OS Detection
One of Nmap's best-known features is remote OS detection
using TCP/IP stack fingerprinting. Nmap sends a series of TCP and
UDP packets to the remote host and examines practically every bit
in the responses. After performing dozens of tests such as TCP
ISN sampling, TCP options support and ordering, IP ID sampling, and
the initial window size check, Nmap compares the results to its
nmap-os-db
database of more than 2,600 known
OS fingerprints and prints out the OS details if there is a match.
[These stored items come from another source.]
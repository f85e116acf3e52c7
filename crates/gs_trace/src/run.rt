ghost use Rattle.std.specs.Prelude.{◌≡◌, ◌≢◌, IfOk, IfErr, IsErrOf, OnOk, string_bytes};
ghost use Rattle.std.specs.Io.KnownBytes.{Keeps};
ghost use Rattle.gs_trace.specs.declared.run.Ended.TheVariants.{Ran};
ghost use Rattle.gs_trace.specs.declared.run.TraceFault.TheVariants.{OutOfMemory};
ghost use Rattle.gs_trace.specs.Output.{Answers, IsOutput, IsReport, IsShown, fault_line, reason_text, shown_as};
ghost use Rattle.gs_script.specs.Script.{script_of};
ghost use Rattle.gs_trace.specs.Streams.{AnswersAll, AnswersOf, AnswersRead, BeginsAnswer, ConsumesAtMost, Leaves, Writes};

use crate::answering::{Answering, Unanswered, answer_script};
use crate::form::{Form, show};
use crate::pipe::MOST_READ_BYTES;
use gs_core::Machine;
use gs_script::{NamedPolicy, Opened, Reason, ScriptError, ScriptFault, open_script};
use std::alloc::{AllocError, Global};
use std::io::{Read, Write};
use thiserror::Error;

/// How a script ended.
#[derive(Clone, Copy, PartialEq, Eq, Debug)]
pub enum Ended {
    /// Its events were run, and each had its reply.
    Ran,
    /// It has a fault, and nothing of its events was shown.
    Faulted,
}

/// Why a script didn't end.
#[derive(Clone, Copy, PartialEq, Eq, Debug, Error)]
pub enum TraceFault {
    /// A read failed. Nothing was written.
    #[error("the script could not be read")]
    ReadFailed,
    /// Out of memory, at an event too. Nothing was written.
    #[error("out of memory")]
    OutOfMemory,
    /// A write failed, or took no byte. So counts a picture or a trace that needs more memory while it is drawn than was made
    /// room for. A beginning of the output was written, short of the whole.
    #[error("the output could not be written")]
    WriteFailed,
}

impl From<AllocError> for TraceFault {
    ghost from_gives = { λ _ fault. fault ≡ OutOfMemory };

    fn from(_failed: AllocError) -> TraceFault {
        TraceFault::OutOfMemory
    }
}

/// How a script ended, and the bytes that were read of it.
#[derive(Drop)]
pub struct Kept {
    pub ended: Ended,
    pub input: Vec<u8>,
}

/// The name of a reason.
fn reason_name(reason: Reason) -> &'static str
    ensures { result.now ≡ reason_text reason }
{
    match reason {
        Reason::TooLong => "TooLong",
        Reason::BadByte => "BadByte",
        Reason::NoHeader => "NoHeader",
        Reason::BadWord => "BadWord",
        Reason::BadCount => "BadCount",
        Reason::BadNumber => "BadNumber",
        Reason::BadName => "BadName",
    }
}

/// Returns the line of a fault, with its newline. It fails only if out of memory.
pub fn fault_text(alloc: Global, fault: ScriptFault) -> Result<String, AllocError>
    ensures { IfOk result (λ text. string_bytes text ≡ fault_line fault) }
{
    let ScriptFault { line, reason } = fault;
    let name = reason_name(reason);
    let mut text = format!(in alloc; "fault line {line} {name}")?;
    text.push('\n')?;
    Ok(text)
}

/// Runs the script that an input says, and writes what came of it in this form. It fails with the script's first
/// fault, or out of memory, and nothing was written then, or if a write fails.
fn run_input<P: NamedPolicy, W: Write>(
    alloc: Global,
    input: &[u8],
    form: Form,
    writer: &mut W,
) -> Result<(), Unanswered>
    ensures shown { OnOk result (Writes (IsShown P.naming P.chosen (shown_as form) input.now Ran) (W.contents writer.old) (W.contents writer.new)) }
    ensures left { IfErr result (Leaves (script_of P.naming input.now) (IsShown P.naming P.chosen (shown_as form) input.now Ran) (W.contents writer.old) (W.contents writer.new)) }
{
    let Opened {
        config,
        header,
        reading,
    } = open_script::<P>(alloc, input)?;
    // (a configuration that was read can be opened, unless out of memory)
    let Ok(mut machine) = Machine::new(alloc, config) else {
        return Err(Unanswered::Script(ScriptError::OutOfMemory));
    };
    show(alloc, form, &mut machine, header, reading, writer)
}

/// What came of a script, shown in a form.
impl<P: NamedPolicy> Answering<P> for Form {
    ghost shows = { λ form input. Answers P.chosen (shown_as form) };

    fn answer<W: Write>(
        &self,
        alloc: Global,
        input: &[u8],
        writer: &mut W,
    ) -> Result<(), Unanswered> {
        run_input::<P, W>(alloc, input, *self, writer)
    }
}

/// Reads a script to its end, or until it is too long, runs it, and writes the lines of its replies.
///
/// As [`run_as`] with [`Form::Lines`]. [`answer_script`] says how much is read and what an error leaves.
///
/// # Errors
///
/// As of [`answer_script`].
///
/// # Examples
///
/// Whether a run ends so, and writes these lines:
///
/// ```
/// let mut written = Vec::new(alloc);
/// let ended = run_script::<AnyPolicy, _, _>(alloc, &mut reader, &mut written);
/// ended == wanted && written.as_slice() == lines.as_bytes()
/// ```
pub fn run_script<P: NamedPolicy, R: Read, W: Write>(
    alloc: Global,
    reader: &mut R,
    writer: &mut W,
) -> Result<Ended, TraceFault>
    ensures ended { IfOk result (λ ended. AnswersAll (IsOutput P.naming P.chosen) ended (R.remaining reader.old) (W.contents writer.old) (W.contents writer.new)) }
    ensures read { IfOk result (λ ended. AnswersRead (IsOutput P.naming P.chosen) ended (R.remaining reader.old) (R.remaining reader.new) (W.contents writer.old) (W.contents writer.new)) }
    ensures bounded { ConsumesAtMost MOST_READ_BYTES (R.remaining reader.old) (R.remaining reader.new) }
    ensures unwritten { IfErr result (λ e. e ≢ TraceFault.WriteFailed → Keeps (W.contents writer.old) (W.contents writer.new)) }
    ensures begun { IsErrOf result TraceFault.WriteFailed → BeginsAnswer (IsOutput P.naming P.chosen) (R.remaining reader.old) (W.contents writer.old) (W.contents writer.new) }
{
    run_as::<P, R, W>(alloc, reader, writer, Form::Lines)
}

/// Reads and runs a script as [`run_script`] does, and writes a report in place of the lines, with the last
/// `last` of these. As [`run_as`] with [`Form::Report`].
///
/// # Errors
///
/// As of [`answer_script`].
///
/// # Examples
///
/// A report with the last five lines, or all of the lines:
///
/// ```
/// let ended = if reports {
///     run_report::<AnyPolicy, _, _>(alloc, &mut reader, &mut written, 5)
/// } else {
///     run_script::<AnyPolicy, _, _>(alloc, &mut reader, &mut written)
/// };
/// ```
pub fn run_report<P: NamedPolicy, R: Read, W: Write>(
    alloc: Global,
    reader: &mut R,
    writer: &mut W,
    last: usize,
) -> Result<Ended, TraceFault>
    ensures ended { IfOk result (λ ended. AnswersAll (IsReport P.naming P.chosen last) ended (R.remaining reader.old) (W.contents writer.old) (W.contents writer.new)) }
    ensures read { IfOk result (λ ended. AnswersRead (IsReport P.naming P.chosen last) ended (R.remaining reader.old) (R.remaining reader.new) (W.contents writer.old) (W.contents writer.new)) }
    ensures bounded { ConsumesAtMost MOST_READ_BYTES (R.remaining reader.old) (R.remaining reader.new) }
    ensures unwritten { IfErr result (λ e. e ≢ TraceFault.WriteFailed → Keeps (W.contents writer.old) (W.contents writer.new)) }
    ensures begun { IsErrOf result TraceFault.WriteFailed → BeginsAnswer (IsReport P.naming P.chosen last) (R.remaining reader.old) (W.contents writer.old) (W.contents writer.new) }
{
    run_as::<P, R, W>(alloc, reader, writer, Form::Report { last })
}

/// Reads and runs a script as [`run_and_keep`] does, and keeps nothing of what was read.
///
/// # Errors
///
/// As of [`answer_script`].
pub fn run_as<P: NamedPolicy, R: Read, W: Write>(
    alloc: Global,
    reader: &mut R,
    writer: &mut W,
    form: Form,
) -> Result<Ended, TraceFault>
    ensures ended { IfOk result (λ ended. AnswersAll (IsShown P.naming P.chosen (shown_as form)) ended (R.remaining reader.old) (W.contents writer.old) (W.contents writer.new)) }
    ensures read { IfOk result (λ ended. AnswersRead (IsShown P.naming P.chosen (shown_as form)) ended (R.remaining reader.old) (R.remaining reader.new) (W.contents writer.old) (W.contents writer.new)) }
    ensures bounded { ConsumesAtMost MOST_READ_BYTES (R.remaining reader.old) (R.remaining reader.new) }
    ensures unwritten { IfErr result (λ e. e ≢ TraceFault.WriteFailed → Keeps (W.contents writer.old) (W.contents writer.new)) }
    ensures begun { IsErrOf result TraceFault.WriteFailed → BeginsAnswer (IsShown P.naming P.chosen (shown_as form)) (R.remaining reader.old) (W.contents writer.old) (W.contents writer.new) }
{
    match run_and_keep::<P, R, W>(alloc, reader, writer, form) {
        Ok(kept) => Ok(kept.ended),
        Err(fault) => Err(fault),
    }
}

/// Reads a script to its end, or until it is too long, runs it, and writes what came of it in this form. A script's
/// fault is written as one line, whatever the form. Returns what was read too, for whoever tells more of that fault.
///
/// [`answer_script`] says how much is read and what an error leaves.
///
/// # Errors
///
/// As of [`answer_script`].
///
/// # Examples
///
/// What the program writes of a script, as a form of it, an explanation or a table:
///
/// ```
/// match wanted {
///     Wanted::Shown { form } => run_and_keep::<P, R, W>(alloc, reader, writer, form),
///     Wanted::Explained { how } => explain_script::<P, R, W>(alloc, reader, writer, how),
///     Wanted::Tabled { table } => write_table::<P, R, W>(alloc, reader, writer, table),
/// }
/// ```
pub fn run_and_keep<P: NamedPolicy, R: Read, W: Write>(
    alloc: Global,
    reader: &mut R,
    writer: &mut W,
    form: Form,
) -> Result<Kept, TraceFault>
    ensures ended { IfOk result (λ kept. AnswersAll (IsShown P.naming P.chosen (shown_as form)) kept.ended (R.remaining reader.old) (W.contents writer.old) (W.contents writer.new)) }
    ensures read { IfOk result (λ kept. AnswersOf (IsShown P.naming P.chosen (shown_as form)) kept.input.items kept.ended (R.remaining reader.old) (R.remaining reader.new) (W.contents writer.old) (W.contents writer.new)) }
    ensures bounded { ConsumesAtMost MOST_READ_BYTES (R.remaining reader.old) (R.remaining reader.new) }
    ensures unwritten { IfErr result (λ e. e ≢ TraceFault.WriteFailed → Keeps (W.contents writer.old) (W.contents writer.new)) }
    ensures begun { IsErrOf result TraceFault.WriteFailed → BeginsAnswer (IsShown P.naming P.chosen (shown_as form)) (R.remaining reader.old) (W.contents writer.old) (W.contents writer.new) }
{
    answer_script::<P, R, W, Form>(alloc, reader, writer, &form)
}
Each fingerprint includes a freeform textual description of the
OS, and a classification which provides the vendor name
(e.g. Sun), underlying OS (e.g. Solaris), OS generation (e.g. 10),
and device type (general purpose, router, switch, game console,
etc). Most fingerprints also have a Common Platform Enumeration
(CPE)
representation, like
cpe:/o:linux:linux_kernel:2.6
.
If Nmap is unable to guess the OS of a machine, and conditions are good (e.g. at least one open port and one closed port were found), Nmap will provide a URL you can use to submit the fingerprint if you know (for sure) the OS running on the machine. By doing this you contribute to the pool of operating systems known to Nmap and thus it will be more accurate for everyone.
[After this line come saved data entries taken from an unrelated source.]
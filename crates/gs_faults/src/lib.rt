//! The fault of a script, told to whoever wrote it.
#![tactic(auto)]

mod fault_text;
mod form_text;
mod label;
mod meant;
mod shown_line;
mod wanted_text;

pub use fault_text::explain;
OS detection enables some other tests which make use
of information that is gathered during the process anyway.
One of these is
TCP Sequence Predictability Classification. This measures
approximately how hard it is to establish a forged
TCP connection against the remote host. It is useful for
exploiting source-IP based trust relationships (rlogin, firewall
filters, etc) or for hiding the source of an attack. This sort of
spoofing is rarely performed any more, but many machines are still
vulnerable to it. The actual
difficulty number is based on statistical sampling and may
fluctuate. It is generally better to use the English
classification such as “worthy challenge” or “trivial joke”. This
is only reported in normal output in verbose (-v
)
mode. When verbose mode is enabled along with -O
, IP ID sequence
generation is also reported. Most machines are in the
“incremental” class, which means that they increment the ID
field in the IP header for each packet they send. This makes them
vulnerable to several advanced information gathering and
spoofing attacks.
Another bit of extra information enabled by OS detection is a guess at a target's uptime. This uses the TCP timestamp option (RFC 1323) to guess when a machine was last rebooted. The guess can be inaccurate due to the timestamp counter not being initialized to zero or the counter overflowing and wrapping around, so it is printed only in verbose mode.
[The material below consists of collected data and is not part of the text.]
/// Adds the objects of an event, for its line and for those on which it comes again, and writes a block whenever it is full then.
#[inline(always)]
fn add_events<W: Write>(
    alloc: Global,
    block: &mut Text,
    writer: &mut W,
    pen: &mut Pen,
    rest: &mut Text,
    text: &[u8],
    asides: &[Told],
    short: &Short<'_>,
) -> Result<(), WriteFailed>
    requires aside { HasTold (length asides.now) short.now }
    requires outlined { IsOutlined text.now (widened asides.now short.now) }
    ensures moved { OnOk result (Moves (W.contents writer.old) block.old (outlines_text text.now (events asides.now short.now)) (W.contents writer.new) block.new) }
    ensures begun { OnErr result (IsBegun (W.contents writer.old) (W.contents writer.new) (block.old ++ outlines_text text.now (events asides.now short.now))) }
{
    add_object(alloc, block, writer, pen, text, asides, short)?;
    if short.times == 0 {
        return Ok(());
    }
    add_again(alloc, block, writer, pen, rest, text, asides, short)
}

/// Writes the objects of events, in blocks, for which an empty one is given.
fn write_objects<W: Write>(
    alloc: Global,
    text: &[u8],
    shorts: &[Short<'_>],
    asides: &[Told],
    block: Text,
    writer: &mut W,
) -> Result<(), WriteFailed>
    requires aside { All (HasTold (length asides.now)) shorts.now }
    requires outlined { All (IsOutlined text.now) (all_events asides.now shorts.now) }
    requires empty { block ≡ [] }
    ensures sent { OnOk result (Appends (W.contents writer.old) (W.contents writer.new) (outlines_text text.now (all_events asides.now shorts.now))) }
    ensures begun { OnErr result (IsBegun (W.contents writer.old) (W.contents writer.new) (outlines_text text.now (all_events asides.now shorts.now))) }
{
    let mut block = block;
    let mut pen = Pen::new();
    let mut rest = Text::new(alloc);
    for short in shorts {
        add_events(
            alloc, &mut block, writer, &mut pen, &mut rest, text, asides, short,
        )?;
    }
    send(&mut block, writer)
}

/// The events so far, of which the objects are put together at the end. Clauses see the bytes that are written.
#[derive(Drop)]
pub(crate) struct Objects<'a> {
    alloc: Global,
    draft: Draft,
    outlines: Outlines<'a>,
    /// What is told of a commit that stamped nothing, if there was one.
    nothing: Option<Told>,
    /// What was told of late landings that may be told again.
    kepts: Vec<Kept>,
    /// The slots of lines: none, before the first late landing.
    slots: Vec<Slot>,
}

impl<'a> Model for Objects<'a> {
    ghost use Rattle.std.specs.Prelude.{List, ℕ};
    ghost use Rattle.gs_explain.specs.Outlined.{AreOutlined, outlines_text};

    ghost Value = { List ℕ };

    ghost view = { λ o. outlines_text o.draft o.outlines };

    ghost invariant = { λ o. AreOutlined o.draft o.outlines o.nothing o.kepts.items };
}

/// Adds an event that was outlined. If that failed, what the text has is not known, and nothing is kept.
#[inline(always)]
fn keep<'a>(
    outlines: &mut Outlines<'a>,
    nothing: &mut Option<Told>,
    kepts: &mut Vec<Kept>,
    outlined: Result<Outline<'a>, AllocError>,
) -> Result<(), AllocError>
    ensures told { OnOk result (IsOk outlined.entry) }
    ensures added { OnOk result (IfOk outlined.entry (λ outline. outlines.new ≡ outlines.old ++ outline ∷ [])) }
    ensures same { OnOk result ((nothing.new ≡ nothing.old) × (kepts.new.items ≡ kepts.old.items)) }
    ensures none { OnErr result ((outlines.new ≡ []) × (nothing.new ≡ None) × (kepts.new.items ≡ [])) }
{
    let kept = match outlined {
        Ok(outline) => outlines.push(outline),
        Err(error) => Err(error),
    };
    if kept.is_err() {
        forget(outlines, nothing, kepts);
    }
    kept
}

impl<'a> Objects<'a> {
    /// Makes those of no event.
    pub(crate) fn new(alloc: Global) -> Objects<'a>
        ensures { result ≡ [] }
    {
        Objects {
            alloc,
            draft: Draft::new(alloc),
            outlines: Outlines::new(alloc),
            nothing: None,
            kepts: Vec::new(alloc),
            slots: Vec::new(alloc),
        }
    }

    /// Writes all objects, in blocks, for which an empty one is given.
    ///
    /// # Errors
    ///
    /// `WriteFailed` if a write fails or takes no byte, or out of memory: a beginning was written, short of the whole.
    pub(crate) fn write<W: Write>(&self, block: Text, writer: &mut W) -> Result<(), WriteFailed>
        requires { block ≡ [] }
        ensures sent { OnOk result (Appends (W.contents writer.old) (W.contents writer.new) self.now) }
        ensures begun { OnErr result (IsBegun (W.contents writer.old) (W.contents writer.new) self.now) }
    {
        let (shorts, asides) = self.outlines.as_slices();
        write_objects(
            self.alloc,
            self.draft.as_bytes(),
            shorts,
            asides,
            block,
            writer,
        )
    }
}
OS detection is covered in Chapter 8, Remote OS Detection.
OS detection is enabled and controlled with the following options:
-
-O
(Enable OS detection) Enables OS detection, as discussed above. Alternatively, you can use
-A
to enable OS detection along with other things.-
--osscan-limit
(Limit OS detection to promising targets) OS detection is far more effective if at least one open and one closed TCP port are found. Set this option and Nmap will not even try OS detection against hosts that do not meet this criteria. This can save substantial time, particularly on
-Pn
scans against many hosts. It only matters when OS detection is requested with-O
or-A
.-
--osscan-guess
;--fuzzy
(Guess OS detection results) When Nmap is unable to detect a perfect OS match, it sometimes offers up near-matches as possibilities. The match has to be very close for Nmap to do this by default. Either of these (equivalent) options make Nmap guess more aggressively. Nmap will still tell you when an imperfect match is printed and display its confidence level (percentage) for each guess.
-
--max-os-tries
(Set the maximum number of OS detection tries against a target) When Nmap performs OS detection against a target and fails to find a perfect match, it usually repeats the attempt. By default, Nmap tries five times if conditions are favorable for OS fingerprint submission, and twice when conditions aren't so good. Specifying a lower
--max-os-tries
value (such as 1) speeds Nmap up, though you miss out on retries which could potentially identify the OS. Alternatively, a high value may be set to allow even more retries when conditions are favorable. This is rarely done, except to generate better fingerprints for submission and integration into the Nmap OS database.